Molecular discrimination between Campylobacter jejuni, Campylobacter coli, Campylobacter lari and Campylobacter upsaliensis by polymerase chain reaction based on a novel putative GTPase gene.

Polymerase chain reaction (PCR) mediated DNA fingerprinting has resulted in the identification of a novel Campylobacter jejuni gene, encoding a GTPase protein. The gene, consisting of 383 amino acids contained semi-conserved GTP-binding sites (designated G-1 to G-4), that are characteristic for members of the GTPase protein superfamily. Remarkably, this gene from C. Jejuni appears to encode a member of a novel family of GTP-binding proteins, containing two separate putative GTP-binding domains, each comprising a series of semi-conserved GTP-binding motifs.
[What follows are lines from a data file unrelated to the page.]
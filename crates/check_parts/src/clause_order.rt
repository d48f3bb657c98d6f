//! Clauses in their order.
ghost use Rattle.std.specs.Prelude.{◌≡◌};
ghost use Rattle.check_parts.specs.JudgedSlices.{earlier_of, found_in};
ghost use Rattle.journal_check.specs.Verdicts.{rank};

use journal_check::{Clause, Verdict};

// The place of a clause in their order.
fn rank(clause: Clause) -> u8
    ensures { result ≡ rank clause }
{
    match clause {
        Clause::CommandsStandOnce => 0,
        Clause::TreeIsLegal => 1,
        Clause::SlicesAreLegal => 2,
        Clause::AccessesAreTrue => 3,
        Clause::OthersAreTrue => 4,
        Clause::StandAfterCommands => 5,
        Clause::LooksAreMatched => 6,
        Clause::EntriesStandOnce => 7,
        Clause::MarksInOrder => 8,
        Clause::EntriesInOrder => 9,
    }
}

/// The clause of a verdict, where it is one before that of the looks.
pub(crate) fn found_in(verdict: Verdict) -> Option<Clause>
    ensures { result ≡ found_in verdict }
{
    match verdict {
        Verdict::Yes => None,
        Verdict::No { clause } => {
            if rank(clause) < rank(Clause::LooksAreMatched) {
                Some(clause)
            } else {
                None
            }
        }
    }
}

/// The earlier of two clauses, where there are any.
pub(crate) fn earlier_of(clause: Option<Clause>, other: Option<Clause>) -> Option<Clause>
    ensures { result ≡ earlier_of clause other }
{
    let Some(first) = clause else {
        return other;
    };
    let Some(second) = other else {
        return clause;
    };
    if rank(first) < rank(second) {
        clause
    } else {
        other
    }
}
Spacing between these motifs is highly conserved. Based on this novel gene, a general PCR strategy for the identification of C. jejuni, C. coli, C. lari and C. upsaliensis was developed. PCR primers were deduced from GTP-binding motifs G-1 and G-3 of the first GTP-binding domain. These GTP-binding sites flank a variable region of precisely 117 bp in the four Campylobacter spp. that allowed the development of species-specific probes. This PCR-hybridization assay offers a novel tool for rapid molecular detection and specific identification of the thermophilic Campylobacter spp.